By waking up time on Sunday morning, Friday’s proposition was becoming Sunday’s reality. It would be real when it happened, but it was happening – and therefore it was becoming real.

The Sunday Roast is a particularly silly TV show about rugby league where there is scope for reviews and previews and discussion of the key issues of the day in the game. There’s also scope for panellists to say and do silly things, goad each other, show amusing footage, have mock arguments, and laugh at each other’s jokes. It’s a mainstay of my TV schedule. Only when The Roast had begun did the hammer come down, with a note of grim finality. Footy today, and wear the consequences, whatever they may be. A making one’s bed and lying in it situation.

My beautiful chauffeur drove me to the station, and the train proceeded west, my little radio picking up snatches of commentator conversation as we went. Always a strange feeling, wearing club colours in public. For some, clearly not an issue. But the jersey and other supporter gear are clear indicators of who you are and what you think about certain topics – footy topics – and this strips away anonymity which is hard won and valued by some of us. And, when wearing these accoutrements, comments are inevitable, and some of us are simply never in the mood for these.
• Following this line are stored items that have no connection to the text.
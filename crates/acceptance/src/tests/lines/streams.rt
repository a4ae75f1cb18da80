//! Readers and writers that fail.

use super::{refused, so_ended};
use crate::tests::asserts::same_text;
use crate::tests::rows::text_of;
use crate::tests::streams::{FailingReader, FailingWriter, KINDS, before_it_fails};
use descriptor_parse::ParseFault;
use parse_lines::{LinesError, describe, parse_text};
use std::io::ErrorKind;
use std::process::Abort;

/// What `describe` prints.
const DESCRIBED: &str = "device 120100020000000809120100000100000001
configuration 0902220001010080320904000001030101000921110100012263000705810320000a
report 05010906a1018501050719e029e715002501750195088102190429a495a18102950781030508190129059505910295039103c0050c0901a1018502150026ff0319002aff03751095048100c00600ff0901a10185030902150026ff0075089505b102c0
";

const TEXT: &str = "85 01 05 07 09 0A 75 01 95 06 81 02";

const PRINTED: &str = "input 1 0 1 6 0 0 variable 0007000a\n";

#[test]
fn a_reader_that_fails(rt: HostRuntime) {
    // Seven reads give the text, and one more its end.
    for reads_left in 0..9 {
        let (ends, expected) = match reads_left {
            8 => (Ok(()), PRINTED),
            _ => (Err(LinesError::Input), "fault input\n"),
        };
        for kind in [ErrorKind::Other, ErrorKind::Interrupted] {
            let mut reader = FailingReader {
                text: TEXT.as_bytes(),
                reads_left,
                kind,
            };
            let mut printed = Vec::new(rt.alloc());
            let ended = parse_text(rt.alloc(), &mut reader, &mut printed);
            same_text(&rt, text_of(printed.as_slice()), expected, expected);
            so_ended(&rt, ended, ends, expected);
        }
    }
}

/// Compares how a call ended with this writer, which fails at this write, and all that it took.
fn is_stopped<R: Abort>(
    rt: &R,
    writer: &FailingWriter,
    writes: usize,
    ended: Result<(), LinesError>,
    ends: Result<(), LinesError>,
    printed: &str,
) {
    let front = before_it_fails(printed, writes);
    same_text(rt, text_of(writer.taken()), front, printed);
    let is_whole = front.len() == printed.len();
    let ends = if is_whole {
        ends
    } else {
        Err(LinesError::Output)
    };
    so_ended(rt, ended, ends, printed);
}

/// Prints the fields of a text to writers that fail, each at another write.
fn stops<R: AllocGlobal + Abort>(rt: &R, text: &str, printed: &str, ends: Result<(), LinesError>) {
    for writes in 0..14 {
        for then in KINDS {
            let mut writer = FailingWriter::new(writes, then);
            let ended = parse_text(rt.alloc(), &mut text.as_bytes(), &mut writer);
            is_stopped(rt, &writer, writes, ended, ends, printed);
        }
    }
}

#[test]
fn nothing_is_printed_after_a_write_that_failed(rt: HostRuntime) {
    let unended = refused(ParseFault::EndWithoutCollection, 0);
    stops(&rt, TEXT, PRINTED, Ok(()));
    stops(&rt, "C0", "fault parse 8 at 0\n", unended);
    stops(&rt, "0", "fault hex\n", Err(LinesError::BadHexText));
}

#[test]
fn descriptors_that_can_not_be_written(rt: HostRuntime) {
    for writes in 0..130 {
        for then in KINDS {
            let mut writer = FailingWriter::new(writes, then);
            let ended = describe(&mut writer);
            is_stopped(&rt, &writer, writes, ended, Ok(()), DESCRIBED);
        }
    }
}
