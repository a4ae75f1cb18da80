//! Which report a poll of the interrupt endpoint sends.

ghost use Rattle.std.specs.Prelude.{◌≡◌, ◌≤◌, ◌||◌, ◌∷◌, [], ℕ, List, Option, Some, None, Bool, true, false, slice_get, take, drop, IfOk, IfSome};
ghost use Rattle.std.specs.Option.{option_map};
ghost use Rattle.reports.specs.declared.Input.{Input};
ghost use Rattle.reports.specs.declared.Protocol.{Protocol};
ghost use Rattle.reports.specs.Calls.{PollerCall, ticked, polled, idle_set, forgot, was_reset};
ghost use Rattle.reports.specs.Poll as poll;
ghost use Rattle.reports.specs.Poll.{idle_value, poll_answer, rule_answer};
ghost use Rattle.reports.specs.Queue.{queue};
ghost use Rattle.reports.specs.Wanted.{wanted};
ghost use Rattle.layers.specs.Usages.{has_key, has_consumer};

use crate::idle::Idle;
use crate::queue::Queue;
use crate::sent::Sent;
use crate::{IdleId, Input, InputReport, Protocol, Report};
use layers::Usages;
use std::alloc::{AllocError, Global};
use std::marker::Model;

/// The idle values at the start, in units of 4 ms: 500 ms for ID 1, and no repeats for ID 2.
const IDLE_ONE: u8 = 125;

const IDLE_TWO: u8 = 0;

/// What was made and what was sent last of each report, the reports that wait, and the idle values.
#[derive(Debug, Drop)]
pub struct Poller {
    boot: Sent,
    one: Sent,
    two: Sent,
    /// Which of the reports 1 and 2 was sent last.
    sent_last: Option<Input>,
    queue: Queue,
    idle_one: Idle,
    idle_two: Idle,
    /// The protocol whose reports were made last.
    made_for: Protocol,
}

impl Model for Poller {
    ghost use Rattle.reports.specs.representation.Kept.{Kept};

    ghost Value = { Kept };

    ghost view = { λ p. record {
      boot = p.boot;
      one = p.one;
      two = p.two;
      sent_last = p.sent_last;
      queue = p.queue;
      idle_one = p.idle_one;
      idle_two = p.idle_two;
      made_for = p.made_for;
    } };
}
But it was alright. Safety in numbers, and so on. Not that there were many numbers. Yes, the crowd alighting at Olympic Park station was mostly in blue and white, but the presence was short of what might have been expected.
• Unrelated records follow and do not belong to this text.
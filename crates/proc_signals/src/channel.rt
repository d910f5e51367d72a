// One channel.
ghost use Rattle.std.specs.Prelude.{◌≡◌, true, ◌≢◌, ◌&&◌, [], ◌∷◌, ◌++◌, IfOk, OnOk, OnErr, IsTrue, ◌↔◌};
ghost use Rattle.world_model.specs.Names.{same_pid};
ghost use Rattle.proc_signals.specs.Channels.{order_of_pairs};
ghost use Rattle.proc_signals.specs.Signal.{signal_of};

use crate::queue::Queue;
use crate::signal::Signal;
use std::alloc::{AllocError, Global};
use std::cmp::Ordering;
use std::hash::Hasher;
use std::marker::Model;
use std::sync::Arc;
use term_core::Pid;

/// A channel that is not empty. A copy shares the signals. Contracts see its sender and its receiver, and then its
/// signals.
#[derive(Drop)]
pub(crate) struct Channel {
    from: Pid,
    to: Pid,
    queue: Arc<Queue>,
}

impl Model for Channel {
    ghost use Rattle.std.specs.Prelude.{ℕ, List};
    ghost use Rattle.proc_signals.specs.Channels as seen;
    ghost use Rattle.proc_signals.specs.inside.SignalCodes.{coded_channel};

    ghost Value = { (List ℕ × List ℕ) × seen.Queue };

    ghost coded = { coded_channel };

    ghost view = { λ c. ((c.from, c.to), c.queue.value) };
}

impl Channel {
    /// A channel with one signal, or `AllocError` if there is no memory for it.
    pub(crate) fn of(
        alloc: Global,
        from: &Pid,
        to: &Pid,
        signal: Signal,
    ) -> Result<Channel, AllocError>
        ensures { IfOk result (λ channel. channel ≡ ((from.now, to.now), (signal_of signal, []))) }
    {
        let queue = Arc::new(alloc, Queue::of(alloc, signal))?;
        Ok(Channel {
            from: from.copy()?,
            to: to.copy()?,
            queue,
        })
    }

    /// The same channel, or `AllocError` where its copies can no longer be counted. It takes no memory.
    pub(crate) fn copy(&self) -> Result<Channel, AllocError>
        ensures { IfOk result (λ copied. copied ≡ self.now) }
    {
        Ok(Channel {
            from: self.from.copy()?,
            to: self.to.copy()?,
            queue: Arc::try_clone(&self.queue)?,
        })
    }

    /// Whether the two have one sender, one receiver and the same signals. It takes no memory.
    pub(crate) fn is_same(&self, other: &Channel) -> bool
        ensures { result ≡ true → self.now ≡ other.now }
    {
        if self.from != other.from {
            return false;
        }
        if self.to != other.to {
            return false;
        }
        self.queue.is_same(&other.queue)
    }

    /// Feeds a hasher with the signals alone: the same for signals that are the same. It takes no memory.
    pub(crate) fn feed_signals<H: Hasher>(&self, state: &mut H) {
        self.queue.feed(state);
    }

    /// Its sender.
    pub(crate) fn from(&self) -> &Pid
        ensures { result.now ≡ self.now.0.0 }
    {
        &self.from
    }

    /// Its receiver.
    pub(crate) fn to(&self) -> &Pid
        ensures { result.now ≡ self.now.0.1 }
    {
        &self.to
    }

    /// Whether it is the channel from one process to another.
    pub(crate) fn is_between(&self, from: &Pid, to: &Pid) -> bool
        ensures { result ≡ (same_pid self.now.0.0 from.now && same_pid self.now.0.1 to.now) }
    {
        self.to == *to && self.from == *from
    }

    /// Whether it comes before the channel from one process to another.
    pub(crate) fn is_before(&self, from: &Pid, to: &Pid) -> bool
        ensures { IsTrue result ↔ (order_of_pairs self.now.0 (from.now, to.now) ≡ Ordering.Less) }
    {
        match self.from.cmp(from) {
            Ordering::Less => true,
            Ordering::Equal => self.to.cmp(to).is_lt(),
            Ordering::Greater => false,
        }
    }

    /// The oldest signal.
    pub(crate) fn oldest(&self) -> &Signal
        ensures { signal_of result.now ≡ self.now.1.0 }
    {
        self.queue.oldest()
    }

    /// Whether it has no later one.
    pub(crate) fn is_single(&self) -> bool
        ensures { IsTrue result ↔ (self.now.1.1 ≡ []) }
    {
        self.queue.is_single()
    }

    /// Puts a signal after the others, or `AllocError` if there is no memory for it; then the signal is dropped.
    pub(crate) fn push(&mut self, signal: Signal) -> Result<(), AllocError>
        ensures pair { self.new.0 ≡ self.old.0 }
        ensures ok { OnOk result (self.new.1 ≡ (self.old.1.0, self.old.1.1 ++ signal_of signal ∷ [])) }
        ensures err { OnErr result (self.new.1 ≡ self.old.1) }
    {
        let queue = Arc::make_mut(&mut self.queue)?;
        queue.push(signal)?;
        Ok(())
    }

    /// Takes out the oldest signal of several; the next is then the oldest. `AllocError` if there is no memory
    /// for it.
    pub(crate) fn take_oldest(&mut self) -> Result<Signal, AllocError>
        requires { self.old.1.1 ≢ [] }
        ensures pair { self.new.0 ≡ self.old.0 }
        ensures taken { IfOk result (λ taken. signal_of taken ≡ self.old.1.0) }
        ensures rest { OnOk result (self.old.1.1 ≡ self.new.1.0 ∷ self.new.1.1) }
        ensures err { OnErr result (self.new.1 ≡ self.old.1) }
    {
        let queue = Arc::make_mut(&mut self.queue)?;
        Ok(queue.take_oldest())
    }
}
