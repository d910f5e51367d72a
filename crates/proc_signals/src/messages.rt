// The messages of a mailbox, as they lie in memory.
ghost use Rattle.std.specs.Prelude.{◌≡◌, ◌<◌, ◌^◌, [], ◌∷◌, ◌++◌, IfOk, OnOk, OnErr, Some, length, slice_get, option_map, map};
ghost use Rattle.std.specs.Cmp.Lexicographic.{pointwise};
ghost use Rattle.std.specs.List.{remove};
ghost use Rattle.term_core.specs.Term.{meaning_of};
ghost use Rattle.proc_signals.specs.Mailbox.{first_place};
ghost use Rattle.world_model.specs.Changes.{is_of_watch as is_watch_message, has_second as is_second};
ghost use Rattle.world_model.specs.Names.{same_term, ref_of};
ghost use Rattle.world_model.specs.Terms.{reference as ref_meaning};

use crate::mailbox::Selector;
use std::alloc::{AllocError, Global};
use std::collections::VecDeque;
use std::hash::{Hash, Hasher};
use std::marker::Model;
use term_core::{RefId, Term};

/// Messages, the oldest first.
#[derive(Drop)]
pub(crate) struct Messages {
    items: VecDeque<Term>,
}

impl Model for Messages {
    ghost use Rattle.std.specs.Prelude.{List, map};
    ghost use Rattle.std.specs.Coded.{coded_list};
    ghost use Rattle.term_core.specs.Meaning.{Meaning};
    ghost use Rattle.term_core.specs.Term.{meaning_of};
    ghost use Rattle.term_core.specs.inside.MeaningCodes.{coded_meaning};

    ghost Value = { List Meaning };

    ghost coded = { coded_list coded_meaning };

    ghost view = { λ m. map meaning_of m.items.items };
}

impl Clone for Messages {
    ghost is_clone = { λ a b. b ≡ a };

    /// The same messages, each a copy, or `AllocError` if there is no memory for them.
    fn clone(&self) -> Result<Messages, AllocError> {
        let mut items = VecDeque::with_capacity(*self.items.allocator(), self.items.len())?;
        for message in self.items.iter() {
            items.push_back(message.copy()?)?;
        }
        Ok(Messages { items })
    }
}

impl Messages {
    /// No messages. It takes no memory.
    pub(crate) fn new(alloc: Global) -> Messages
        ensures { result ≡ [] }
    {
        Messages {
            items: VecDeque::new(alloc),
        }
    }

    /// Whether the two have the same messages, in one order. It takes no memory.
    pub(crate) fn is_same(&self, other: &Messages) -> bool
        ensures { result ≡ pointwise same_term self.now other.now }
    {
        self.items == other.items
    }

    /// Feeds a hasher with the messages, the oldest first: the same for messages that are the same. It takes no memory.
    pub(crate) fn feed<H: Hasher>(&self, state: &mut H) {
        state.write_usize(self.items.len());
        for message in self.items.iter() {
            message.hash(state);
        }
    }

    /// How many there are, fewer than 2^63.
    pub(crate) fn len(&self) -> usize
        ensures length { result ≡ length self.now }
        ensures fits { result < 2 ^ 63 }
    {
        self.items.len()
    }

    /// The message at a place.
    pub(crate) fn get(&self, place: usize) -> Option<&Term>
        ensures { option_map (λ message. meaning_of message.now) result ≡ slice_get self.now place }
    {
        self.items.get(place)
    }

    /// Puts a message after the others, or `AllocError` if there is no memory for it; then the message is dropped.
    pub(crate) fn put(&mut self, message: Term) -> Result<(), AllocError>
        ensures ok { OnOk result (self.new ≡ self.old ++ meaning_of message ∷ []) }
        ensures err { OnErr result (self.new ≡ self.old) }
    {
        self.items.push_back(message)?;
        Ok(())
    }

    /// Takes out the message at a place.
    #[tactic(auto, using(crate::proofs::Removing::map_remove))]
    pub(crate) fn take_at(&mut self, place: usize) -> Term
        requires { place < length self.old }
        ensures message { slice_get self.old place ≡ Some (meaning_of result) }
        ensures rest { self.new ≡ remove self.old place }
    {
        self.items.remove(place).unwrap()
    }

    /// Where the oldest message lies that is selected.
    pub(crate) fn find_match<S: Selector>(
        &self,
        alloc: Global,
        selector: &S,
    ) -> Result<Option<usize>, AllocError>
        ensures { IfOk result (λ found. found ≡ first_place (S.takes selector.now) self.now) }
    {
        for (place, message) in self.items.iter().enumerate() {
            if selector.selects(alloc, message)? {
                return Ok(Some(place));
            }
        }
        Ok(None)
    }

    /// Where the oldest message of this watch lies.
    pub(crate) fn find_down(&self, reference: &RefId) -> Option<usize>
        ensures { result ≡ first_place (is_watch_message (ref_of reference.now)) self.now }
    {
        for (place, message) in self.items.iter().enumerate() {
            if is_of_watch(message, reference) {
                return Some(place);
            }
        }
        None
    }
}

// Whether a message is a tuple of five with this reference second, as that of a watch is.
fn is_of_watch(message: &Term, reference: &RefId) -> bool
    ensures { result ≡ is_watch_message (ref_of reference.now) (meaning_of message.now) }
{
    match message {
        Term::Tuple(parts) => has_second(parts.as_slice(), reference),
        _ => false,
    }
}

// Whether these are five, and the second is this reference.
#[tactic(auto, using(crate::proofs::Downs::second_of_five, crate::proofs::Downs::not_five))]
fn has_second(parts: &[Term], reference: &RefId) -> bool
    ensures { result ≡ is_second (ref_of reference.now) (map meaning_of parts.now) }
{
    if parts.len() != 5 {
        return false;
    }
    is_reference(&parts[1], reference)
}

// Whether a term is this reference.
fn is_reference(term: &Term, reference: &RefId) -> bool
    ensures { result ≡ same_term (ref_meaning (ref_of reference.now)) (meaning_of term.now) }
{
    match term {
        Term::Ref(other) => reference == other,
        _ => false,
    }
}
$20 bought a ticket. There was room to spread in the ground, warmed by the almost winter sun slanting warmly across the ground toward seats at one corner. Near the lighted patch it was warm in a referred way, but glare did not penetrate, and it seemed a good place to sit, alone, not bothering others. And then a group of nine people – accounting for eight seats, as one was a very little baby, later clad in blue and white beanie – sat down in the row in front of me. It was two families. The woman directly in front of me, the only one of the group actually in my field of vision, was the captain of the whole enterprise, making sure all the small kids, and adults, had a drink and something to eat, organising things, and talking to people. This role involved leaning across and back and standing up and sitting down, and moving around to the row of seat in front of this group, where supplies were being held. In all, and this is no exaggeration, this mother stood up and moved around, in my way at least fifteen times. And after organising some kids to go to the fence of the playing field to be photographed with the bulldog mascot, she returned, collecting all the children, her woman friend/relative, and marched them off to toilets and refreshments. The game was barely half an hour old. Halves of rugby league last forty minutes.

It seemed ridiculous to be put in this position. I sat down first, and then they came along, and it didn’t seem right to move. But almost no details of the match were clear with all of this activity, and when a discreet exit could be made the chance was taken at halftime.

Halftime meant an opportunity for a treat. A glass of red wine, small, very, pathetically small, plastic ‘glass’, and the woman serving me seemed not to know how to remove the cap from a bottle and top up the meagre amount she poured in with the first bottle. After a colleague chivalrously helped out there was a full plastic glass of wine and the search for a new seat had begun.

New seat was better. Uninterrupted view. Very soon uninterrupted was revealed as a bad thing in this case. For it was a bad to view: a bad view of something very poor. The Sharks were still the Sharks, but the Bulldogs were like puppies who have just woken from the cute afternoon nap they have in pet shop windows, and aren’t really ready to play yet. Let alone ready to fight. It was dispiriting.

Coaches talk about positives. Coaches, sportsmen and women are all semi-literate – even when they are a netballer or rugby union player who earns a living as a lawyer they still talk this way – and so they get away with using positive as a noun. The positive from the day, for me, is that I didn’t spill red wine on my jersey.